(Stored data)
☆ ☆ ☆
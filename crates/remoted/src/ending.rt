//! The file whose lines end jobs.

use job_runs::EndedJobs;
use operator_lines::{Due, EndingLines};
use serve::Sight;
use server_events::Configs;
use std::alloc::AllocError;
use std::fs::{self, File};
use std::io::{self, ErrorKind, Read};

/// How often the file is looked for, in milliseconds.
const LOOKING: u64 = 1_000;

/// How often is told at most that it cannot be read or removed.
const TELLING: u64 = 60_000;

/// The most bytes that it may have.
const MOST_BYTES: u64 = 1_048_576;

/// The file whose lines end jobs. It is read and removed once it is there.
#[derive(Drop)]
pub struct EndFile<'a> {
    rt: &'a HostRuntime,
    lines: EndingLines<'a>,
    looking: Due,
    telling: Due,
}

impl<'a> EndFile<'a> {
    pub fn new(
        rt: &'a HostRuntime,
        path: &'a str,
        configs: &'a Configs,
        ended: &'a EndedJobs,
    ) -> EndFile<'a> {
        let lines = EndingLines {
            alloc: rt.alloc(),
            path,
            configs,
            ended,
        };
        EndFile {
            rt,
            lines,
            looking: Due::every(LOOKING),
            telling: Due::every(TELLING),
        }
    }

    /// Looks for the file once a second, and has the jobs ended that its lines name, of those that
    /// are there now. The lines that are to be told of that.
    pub fn look(&mut self, sight: &Sight<'_>) -> Vec<String> {
        let mut told = Vec::new(self.rt.alloc());
        if !self.looking.take(sight.moment) {
            return told;
        }
        // Where memory is refused the rest is not told.
        let _ = match self.take() {
            Ok(Some(text)) => self.lines.carry_out(&text, sight, &mut told),
            Ok(None) => Ok(()),
            Err(error) => self.complain(error, sight.moment, &mut told),
        };
        told
    }

    /// The text of the file, which is there no more then; none where it was not there.
    fn take(&self) -> io::Result<Option<Vec<u8>>> {
        let found = match fs::symlink_metadata(self.rt, self.lines.path) {
            Ok(found) => found,
            Err(error) if error.kind() == ErrorKind::NotFound => return Ok(None),
            Err(error) => return Err(error),
        };
        // What is no file could keep whoever opens it waiting.
        if !found.is_file() {
            return Err(io::Error::other("it is a folder, a link or a FIFO: remove it"));
        }
        let mut text = Vec::new(self.rt.alloc());
        let file: File = File::open(self.rt, self.lines.path)?;
        file.take(MOST_BYTES).read_to_end(&mut text)?;
        fs::remove_file(self.rt, self.lines.path)?;
        Ok(Some(text))
    }

    /// Tells that the file cannot be read or removed, and that no job was ended so.
    fn complain(
        &mut self,
        error: io::Error,
        moment: u64,
        told: &mut Vec<String>,
    ) -> Result<(), AllocError> {
        if self.telling.take(moment) {
            let path = self.lines.path;
            told.push(format!(in self.rt.alloc(); "remoted: cannot take {path}: {error}\n")?)?;
        }
        Ok(())
    }
}
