//! What the clocks tell.

use std::time::{Instant, SystemTime};

/// The milliseconds since a moment; 0 where the clock cannot be read.
pub fn milliseconds_since(rt: &HostRuntime, moment: Option<Instant>) -> u64 {
    let (Some(moment), Ok(now)) = (moment, Instant::now(rt)) else {
        return 0;
    };
    let passed = now.saturating_duration_since(moment).as_millis();
    u64::try_from(passed).unwrap_or(u64::MAX)
}

/// The Unix time in seconds, if the clock can be read.
pub fn unix_time(rt: &HostRuntime) -> Option<u64> {
    let passed = SystemTime::now(rt)
        .ok()?
        .duration_since(SystemTime::UNIX_EPOCH);
    Some(passed.ok()?.as_secs())
}
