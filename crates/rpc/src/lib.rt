//! What a call can be: its method, and why it is refused: gRPC status codes and the texts that go
//! with them.
#![tactic(auto)]

mod method;
mod refusal;

pub use method::Method;
pub use refusal::Refusal;
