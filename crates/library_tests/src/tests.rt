//! The tests: of trees that are made once, of the pool, and of trees that are walked; and others,
//! by the crates that they try.

mod conn_core_tests;
mod grpc_sending_tests;
mod http2_headers_tests;
mod http2_streams_tests;
mod made;
mod message_fields_tests;
mod one_byte;
mod pool;
mod trees;
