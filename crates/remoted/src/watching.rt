//! What an operator watches a server by: the file of its figures, and the file that ends it.

use operator_lines::{Due, is_memory};
use std::alloc::AllocError;
use std::fs::{self, File, OpenOptions};
use std::io::{self, ErrorKind, Write};

/// How often the file of figures is written, in milliseconds.
const WRITING: u64 = 10_000;

/// How often is told at most that it cannot be written.
const TELLING: u64 = 60_000;

/// How often the file that ends the server is looked for.
const LOOKING: u64 = 1_000;

/// The file to which the figures of a server are written.
#[derive(Drop)]
pub struct MetricsFile<'a> {
    rt: &'a HostRuntime,
    path: &'a str,
    /// The file beside it, which is written first.
    beside: String,
    writing: Due,
    telling: Due,
    /// Whether it was told that it cannot be written, and it could not be since.
    is_told: bool,
}

impl<'a> MetricsFile<'a> {
    pub fn new(rt: &'a HostRuntime, path: &'a str) -> Result<MetricsFile<'a>, AllocError> {
        Ok(MetricsFile {
            rt,
            path,
            beside: format!(in rt.alloc(); "{path}.new")?,
            writing: Due::every(WRITING),
            telling: Due::every(TELLING),
            is_told: false,
        })
    }

    /// The path of the file, as it was given.
    pub fn path(&self) -> &'a str {
        self.path
    }

    /// Whether figures are due at this moment: ten seconds have passed since they last were.
    pub fn is_due(&mut self, moment: u64) -> bool {
        self.writing.take(moment)
    }

    /// Writes the file anew, whole or not at all. Where that could not be done there is a line to
    /// be told, once until it goes well again.
    pub fn write(&mut self, text: &[u8], moment: u64) -> Option<String> {
        let Err(error) = self.replace(text) else {
            self.is_told = false;
            return None;
        };
        if self.is_told || !self.telling.take(moment) {
            return None;
        }
        self.is_told = true;
        let path = self.path;
        format!(in self.rt.alloc(); "remoted: cannot write {path}: {error}\n").ok()
    }

    fn replace(&self, text: &[u8]) -> io::Result<()> {
        let file = self.create_beside()?;
        let replaced = self.put(file, text);
        if replaced.is_err() {
            let _ = fs::remove_file(self.rt, self.beside.as_str());
        }
        replaced
    }

    /// Makes the file beside. What stood under its name, which others may have put there, is
    /// removed and never opened: it could be a link, or a FIFO that nobody reads.
    fn create_beside(&self) -> io::Result<File> {
        let beside = self.beside.as_str();
        match fs::remove_file(self.rt, beside) {
            Err(error) if error.kind() != ErrorKind::NotFound => return Err(error),
            _ => {}
        }
        OpenOptions::new()
            .write(true)
            .create_new(true)
            .open(self.rt, beside)
    }

    /// Writes the file beside, and puts it in the place of the other.
    fn put(&self, mut file: File, text: &[u8]) -> io::Result<()> {
        file.write_all(text)?;
        fs::rename(self.rt, self.beside.as_str(), self.path)
    }
}

/// The file that ends a server once it is there.
#[derive(Drop)]
pub struct StopFile<'a> {
    rt: &'a HostRuntime,
    path: &'a str,
    looking: Due,
}

impl<'a> StopFile<'a> {
    pub fn new(rt: &'a HostRuntime, path: &'a str) -> StopFile<'a> {
        StopFile {
            rt,
            path,
            looking: Due::every(LOOKING),
        }
    }

    /// Whether it is there: anything under its name, a link itself and not where it leads. It is
    /// not opened. A file that cannot be looked at counts as not there.
    pub fn is_there(&self) -> io::Result<bool> {
        match fs::symlink_metadata(self.rt, self.path) {
            Ok(_) => Ok(true),
            Err(error) if is_memory(&error) => Err(error),
            Err(_) => Ok(false),
        }
    }

    /// Whether the server is to end. It is looked for once a second; in between it counts as not
    /// there, and so it does where memory is refused for the look.
    pub fn ends(&mut self, moment: u64) -> bool {
        self.looking.take(moment) && matches!(self.is_there(), Ok(true))
    }
}
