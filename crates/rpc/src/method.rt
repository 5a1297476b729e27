//! The methods that are known.

ghost use Rattle.std.specs.Prelude.{◌≡◌};
ghost use Rattle.rpc.specs.Methods.{path_of, method_in, method_at};

/// A method of the remote execution services, or of the byte stream service.
#[derive(Clone, Copy, Debug, PartialEq, Eq)]
pub enum Method {
    FindMissingBlobs,
    BatchUpdateBlobs,
    BatchReadBlobs,
    GetTree,
    GetActionResult,
    UpdateActionResult,
    Execute,
    WaitExecution,
    GetCapabilities,
    Read,
    Write,
    QueryWriteStatus,
}

const METHODS: [Method; 12] = [
    Method::FindMissingBlobs,
    Method::BatchUpdateBlobs,
    Method::BatchReadBlobs,
    Method::GetTree,
    Method::GetActionResult,
    Method::UpdateActionResult,
    Method::Execute,
    Method::WaitExecution,
    Method::GetCapabilities,
    Method::Read,
    Method::Write,
    Method::QueryWriteStatus,
];

impl Method {
    /// The value of `:path` in a call of the method.
    pub fn path(self) -> &'static [u8]
        ensures { result.now ≡ path_of self }
    {
        match self {
            Method::FindMissingBlobs => {
                b"/build.bazel.remote.execution.v2.ContentAddressableStorage/FindMissingBlobs"
            }
            Method::BatchUpdateBlobs => {
                b"/build.bazel.remote.execution.v2.ContentAddressableStorage/BatchUpdateBlobs"
            }
            Method::BatchReadBlobs => {
                b"/build.bazel.remote.execution.v2.ContentAddressableStorage/BatchReadBlobs"
            }
            Method::GetTree => {
                b"/build.bazel.remote.execution.v2.ContentAddressableStorage/GetTree"
            }
            Method::GetActionResult => {
                b"/build.bazel.remote.execution.v2.ActionCache/GetActionResult"
            }
            Method::UpdateActionResult => {
                b"/build.bazel.remote.execution.v2.ActionCache/UpdateActionResult"
            }
            Method::Execute => b"/build.bazel.remote.execution.v2.Execution/Execute",
            Method::WaitExecution => b"/build.bazel.remote.execution.v2.Execution/WaitExecution",
            Method::GetCapabilities => {
                b"/build.bazel.remote.execution.v2.Capabilities/GetCapabilities"
            }
            Method::Read => b"/google.bytestream.ByteStream/Read",
            Method::Write => b"/google.bytestream.ByteStream/Write",
            Method::QueryWriteStatus => b"/google.bytestream.ByteStream/QueryWriteStatus",
        }
    }

    /// The method that has the path, if one has.
    #[tactic(auto, unfolding(crate::specs::Methods::method_at))]
    pub fn from_path(path: &[u8]) -> Option<Method>
        ensures { result ≡ method_at path.now }
    {
        method_in(&METHODS, path)
    }
}

fn method_in(methods: &[Method], path: &[u8]) -> Option<Method>
    ensures { result ≡ method_in methods.now path.now }
{
    let mut left = methods;
    'methods: while let [method, rest @ ..] = left {
        if method.path() == path {
            return Some(*method);
        }
        left = rest;
    }
    None
}
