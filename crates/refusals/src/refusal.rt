// Which part of the library refused.
#[derive(Clone, Copy, PartialEq, Eq, Debug)]
pub enum Layer {
    Hold,
    Heap,
    Inspector,
    Source,
    Script,
}

// A refusal with its place. docs/RULES.md has the condition and an example of each.
#[derive(Clone, Copy, PartialEq, Eq, Debug)]
pub enum Refusal {
    MemorySize,
    HoldNumber { hold: u32 },
    HoldState { hold: u32 },
    NoType { code: u32 },
    TypeSize { code: u32 },
    NoCell { hold: u32 },
    UnfitCell { hold: u32 },
    NoWord { word: u32 },
    WordClass { word: u32 },
    Broken { address: usize },
    NoRun { size: u32 },
    InspectorFull { address: u32 },
    TableStart,
    TemplateSize { index: u32 },
    TemplateEnd { index: u32 },
    EntryNumber { index: u32 },
    EntryPair { index: u32 },
    EntryName { index: u32 },
    MaskFull,
    NotALine { line: u64 },
}
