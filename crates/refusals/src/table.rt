ghost use Rattle.std.specs.Prelude.{◌≡◌};
ghost use Rattle.refusals.specs.Table.{number_of, layer_of, place_of};

use crate::refusal::{Layer, Refusal};

impl Refusal {
    pub fn number(&self) -> u32
        ensures { result ≡ number_of self.now }
    {
        match self {
            Refusal::MemorySize => 1,
            Refusal::HoldNumber { .. } => 2,
            Refusal::HoldState { .. } => 3,
            Refusal::NoType { .. } => 4,
            Refusal::TypeSize { .. } => 5,
            Refusal::NoCell { .. } => 6,
            Refusal::UnfitCell { .. } => 7,
            Refusal::NoWord { .. } => 8,
            Refusal::WordClass { .. } => 9,
            Refusal::Broken { .. } => 10,
            Refusal::NoRun { .. } => 11,
            Refusal::InspectorFull { .. } => 12,
            Refusal::TableStart => 21,
            Refusal::TemplateSize { .. } => 22,
            Refusal::TemplateEnd { .. } => 23,
            Refusal::EntryNumber { .. } => 24,
            Refusal::EntryPair { .. } => 25,
            Refusal::EntryName { .. } => 26,
            Refusal::MaskFull => 27,
            Refusal::NotALine { .. } => 30,
        }
    }

    pub fn layer(&self) -> Layer
        ensures { result ≡ layer_of self.now }
    {
        match self {
            Refusal::HoldNumber { .. } | Refusal::HoldState { .. } => Layer::Hold,
            Refusal::MemorySize
            | Refusal::NoType { .. }
            | Refusal::TypeSize { .. }
            | Refusal::NoCell { .. }
            | Refusal::UnfitCell { .. }
            | Refusal::NoWord { .. }
            | Refusal::WordClass { .. }
            | Refusal::Broken { .. }
            | Refusal::NoRun { .. } => Layer::Heap,
            Refusal::InspectorFull { .. } => Layer::Inspector,
            Refusal::TableStart
            | Refusal::TemplateSize { .. }
            | Refusal::TemplateEnd { .. }
            | Refusal::EntryNumber { .. }
            | Refusal::EntryPair { .. }
            | Refusal::EntryName { .. }
            | Refusal::MaskFull => Layer::Source,
            Refusal::NotALine { .. } => Layer::Script,
        }
    }

    pub fn place(&self) -> u64
        ensures { result ≡ place_of self.now }
    {
        match *self {
            Refusal::MemorySize | Refusal::TableStart => 0,
            Refusal::MaskFull => 32,
            Refusal::NotALine { line } => line,
            Refusal::HoldNumber { hold } | Refusal::HoldState { hold } => u64::from(hold),
            Refusal::NoCell { hold } | Refusal::UnfitCell { hold } => u64::from(hold),
            Refusal::NoType { code } | Refusal::TypeSize { code } => u64::from(code),
            Refusal::NoWord { word } | Refusal::WordClass { word } => u64::from(word),
            Refusal::Broken { address } => address as u64,
            Refusal::InspectorFull { address } => u64::from(address),
            Refusal::NoRun { size } => u64::from(size),
            Refusal::TemplateSize { index } | Refusal::TemplateEnd { index } => u64::from(index),
            Refusal::EntryNumber { index } | Refusal::EntryPair { index } => u64::from(index),
            Refusal::EntryName { index } => u64::from(index),
        }
    }
}
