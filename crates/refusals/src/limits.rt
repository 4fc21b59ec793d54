// The fewest and the most words of a heap.
pub const FEWEST_WORDS: usize = 2;

pub const MOST_WORDS: usize = 65536;
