// Every refusal that the library and the script program give: its number, its layer and its place.
#![tactic(auto)]

pub mod limits;
pub mod refusal;
pub mod table;
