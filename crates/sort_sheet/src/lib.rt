// The rows of the sort sheet (number 1), and what they say of a sort.
#![tactic(auto)]

ghost use Rattle.std.specs.Prelude.{◌≡◌, ◌+◌, ◌≤◌, length};
ghost use Rattle.calculus.specs.Numbers.{number_in};
ghost use Rattle.calculus.specs.Sorts.{index_sort, value_sort, is_array, is_plain, sort_refusal, sorts_refusal};

use calculus::{Refusal, Sort};
use rows::BLANK;

// The index sort of sort s.
pub fn index_sort(sorts: &[u16], s: Sort) -> Sort
    ensures { result.0 ≡ index_sort sorts.now s.0 }
{
    Sort(rows::cell(sorts, (usize::from(s.0) * 2).saturating_sub(2)))
}

// The value sort of sort s.
pub fn value_sort(sorts: &[u16], s: Sort) -> Sort
    ensures { result.0 ≡ value_sort sorts.now s.0 }
{
    Sort(rows::cell(sorts, (usize::from(s.0) * 2).saturating_sub(1)))
}

// Whether sort s names two earlier sorts.
#[tactic(auto, unfolding(calculus::specs::Sorts::is_array))]
pub fn is_array(sorts: &[u16], s: Sort) -> bool
    ensures { result ≡ is_array sorts.now s.0 }
{
    let i = index_sort(sorts, s);
    let v = value_sort(sorts, s);
    ((Sort(0) < i) & (i < s)) & ((Sort(0) < v) & (v < s))
}

// Whether both columns of sort s are blank.
#[tactic(auto, unfolding(calculus::specs::Sorts::is_plain))]
fn is_plain(sorts: &[u16], s: Sort) -> bool
    ensures { result ≡ is_plain sorts.now s.0 }
{
    (index_sort(sorts, s) == Sort(BLANK)) & (value_sort(sorts, s) == Sort(BLANK))
}

// Number 1, of the row of sort k + 1.
#[tactic(auto, unfolding(calculus::specs::Sorts::sort_refusal, calculus::specs::Numbers::unless))]
fn check_sort(sorts: &[u16], k: u16) -> Result<(), Refusal>
    requires { k + 1 ≤ 65535 }
    ensures { number_in result ≡ sort_refusal sorts.now k }
{
    let s = Sort(k + 1);
    if is_array(sorts, s) | is_plain(sorts, s) {
        return Ok(());
    }
    Err(Refusal::Sort)
}

// Number 1: the first sort row in trouble decides.
#[tactic(auto, using(sheets::proofs::Laws::first_none, sheets::proofs::Laws::first_more, sheets::proofs::Laws::checked_found), unfolding(calculus::specs::Sorts::sorts_refusal))]
pub fn check_sorts(sorts: &[u16]) -> Result<(), Refusal>
    requires { length sorts.now ≤ 64 }
    ensures { number_in result ≡ sorts_refusal sorts.now }
{
    for k in 0..(sorts.len() / 2) as u16 {
        check_sort(sorts, k)?;
    }
    Ok(())
}
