// The stage between reading and printing: the plain run on the numbers behind a script.
ghost use Rattle.script.specs.Tables.{tables_in};
ghost use Rattle.report.specs.Stages.{RunsGiven};

use crate::limits::{FUEL, HEAP};
use plainrun::Finished;
use plainrun::run::run;
use script::columns::Columns;
use script::{Counts, Unfinished};
use streams::limits::SETTINGS;
use streams::settings::settings_given;

// The plain run of a script that was read, on the numbers that follow it and in a store that starts as zeros.
pub(crate) fn run_given(n: Counts, columns: &Columns, rest: &[u8]) -> Result<Finished, Unfinished>
    ensures { RunsGiven n (tables_in columns.now) rest.now result }
{
    let mut numbers = [0; SETTINGS];
    let count = settings_given(rest, &mut numbers);
    let mut heap = [0; HEAP];
    run(n, columns, &numbers[..count], FUEL as u32, &mut heap)
}
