// The lines that `benchrun` prints. Each part is written into what remains of the lent output.
ghost use Rattle.std.specs.Prelude.{ltb, ◌++◌, ◌≤◌, length};
ghost use Rattle.lambdamix.specs.Text.{ascii};
ghost use Rattle.plainrun.specs.Running.{outcome_of, replied};
ghost use Rattle.text.specs.Places.{Placed};
ghost use Rattle.streams.specs.Printed.{Prints};
ghost use Rattle.report.specs.Report.{steps_text, outcome_text, reply_text, unfinished_text};

use plainrun::{Finished, Value};
use script::{Refusal, Unfinished};
use streams::print::print_pair;
use text::decimals::{decimal_at, digits_at};
use text::parts::{letter_at, text_at};

// "`steps N`", on its own line.
fn print_steps(out: &mut [u8], steps: u16) -> usize
    ensures { Placed (steps_text steps) 0 out.old out.new result }
{
    let one = text_at(out, 0, b"steps ");
    let two = digits_at(out, one, steps as u32);
    letter_at(out, two, b'\n')
}

// "the number or `a function`"
fn print_value(out: &mut [u8], at: usize, value: Value) -> usize
    ensures placed { Placed (outcome_text (outcome_of value)) at out.old out.new result }
    ensures short { length (outcome_text (outcome_of value)) ≤ 21 }
{
    match value {
        Value::Number(z) => decimal_at(out, at, z),
        Value::Function => text_at(out, at, b"a function"),
    }
}

// What was given, on its own line behind the steps.
fn print_finished(out: &mut [u8], done: Finished) -> usize
    ensures { Prints (steps_text done.steps ++ outcome_text (outcome_of done.value) ++ ascii "\n") out.old out.new result }
{
    let one = print_steps(out, done.steps);
    let two = print_value(out, one, done.value);
    letter_at(out, two, b'\n')
}

// "`refused N P` alone, or `stopped N P` alone": the other program's lines have `accepted` before a stop.
pub(crate) fn print_unfinished(out: &mut [u8], f: Refusal) -> usize
    ensures { Prints (unfinished_text (ltb f.number 20) f.number f.place) out.old out.new result }
{
    if f.number < 20 {
        return print_pair(out, b"refused ", f.number as u32, b" ", f.place as u64);
    }
    print_pair(out, b"stopped ", f.number as u32, b" ", f.place as u64)
}

// The lines of a reply.
#[tactic(auto, unfolding(plainrun::specs::Running::replied, crate::specs::Report::reply_text))]
pub(crate) fn print_reply(out: &mut [u8], reply: Result<Finished, Unfinished>) -> usize
    ensures { Prints (reply_text (replied reply)) out.old out.new result }
{
    match reply {
        Ok(done) => print_finished(out, done),
        Err(u) => print_unfinished(out, u.refusal),
    }
}
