// What the program `benchrun` answers to its input.
#![tactic(auto)]

pub mod answer;
pub mod limits;
mod lines;
mod stage;
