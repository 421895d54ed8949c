// The plain run as a program: it reads all of standard input, a script file and a number for every input, and prints the answer. The first 65,536 bytes
// decide it (`longer_input` of the crate `report`); what follows is read and dropped.
#![tactic(auto)]

use report::answer::respond;
use standard::program::run;

// A write that fails is not told.
fn main(rt: HostRuntime) {
    let _ = run(&mut rt.stdin(), &mut rt.stdout(), respond);
}
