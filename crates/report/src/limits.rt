// What the answer of `benchrun` works with, each in one place: its fuel, which is the most that a run may have, and the places of the store that suffice
// for it.
use cells::limits::MAX_FUEL;
use script::limits::MAX_INPUTS;

pub const FUEL: usize = MAX_FUEL as usize;

pub const HEAP: usize = FUEL + MAX_INPUTS;
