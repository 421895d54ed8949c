// The program's answer to an input.
ghost use Rattle.streams.specs.Responds.{Responds};
ghost use Rattle.streams.specs.Answers.{Answers};
ghost use Rattle.report.specs.Report.{report};
ghost use Rattle.report.specs.Stages.{ran_texts};

use crate::lines::{print_reply, print_unfinished};
use crate::stage::run_given;
use reading::reader::read_tables;
use script::Refusal;
use script::tables::ScriptTables;
use streams::room::answered;
use streams::split::script_end;

// The script is read into tables that start as zeros; what is not refused is run and told.
fn answer(input: &[u8], out: &mut [u8]) -> usize
    ensures { Answers ran_texts input.now out.old out.new result }
{
    let (script, rest) = input.split_at(script_end(input));
    let mut tables = ScriptTables::new();
    match read_tables(script, &mut tables) {
        Ok(n) => print_reply(out, run_given(n, &tables.columns(), rest)),
        Err(f) => print_unfinished(out, f),
    }
}

// Every input is answered by the bytes that the program prints for it. An output that may be too short for them is 21, before all else.
pub fn respond(input: &[u8], out: &mut [u8]) -> Result<usize, Refusal>
    ensures { Responds (report input.now) out.old out.new result }
{
    answered(out, |space| answer(input, space))
}
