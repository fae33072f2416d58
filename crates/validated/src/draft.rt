//! The form of a file.
use serde_json::Number;

// What is written as a number of 32 bits, and none where it is no such number.
#[derive(Clone, Copy, Debug)]
pub(crate) struct Numeral {
    pub(crate) number: Option<u32>,
}

// What a file says.
#[derive(Drop)]
pub(crate) struct Draft {
    pub(crate) aspas: Vec<DraftAspa>,
    pub(crate) roas: Option<Vec<DraftRoa>>,
}

// One attestation; without `expires` it never ends.
#[derive(Drop)]
pub(crate) struct DraftAspa {
    pub(crate) customer: Numeral,
    pub(crate) providers: Vec<Numeral>,
    pub(crate) expires: Option<Numeral>,
}

// One record of origin validation, with its prefix as it is written.
#[derive(Drop)]
pub(crate) struct DraftRoa {
    pub(crate) asn: Numeral,
    pub(crate) prefix: Vec<u8>,
    pub(crate) max: Option<Number>,
    pub(crate) expires: Option<Numeral>,
}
☆ ☆ ☆
Your answer must consist solely of the lines above between the line holding "#[tactic(auto, unfolding(calculus::specs::Sorts::is_plain))]" and the line holding "if is_array(sorts, s)", inclusive, copied exactly.

→ **SOLUTION FOR THIS EXERCISE**:
#[tactic(auto, unfolding(calculus::specs::Sorts::is_plain))]
fn is_plain(sorts: &[u16], s: Sort) -> bool
    ensures { result ≡ is_plain sorts.now s.0 }
{
    (index_sort(sorts, s) == Sort(BLANK)) & (value_sort(sorts, s) == Sort(BLANK))
}

// Number 1, of the row of sort k + 1.
#[tactic(auto, unfolding(calculus::specs::Sorts::sort_refusal, calculus::specs::Numbers::unless))]
fn check_sort(sorts: &[u16], k: u16) -> Result<(), Refusal>
    requires { k + 1 ≤ 65535 }
    ensures { number_in result ≡ sort_refusal sorts.now k }
{
    let s = Sort(k + 1);
    if is_array(sorts, s) | is_plain(sorts, s) {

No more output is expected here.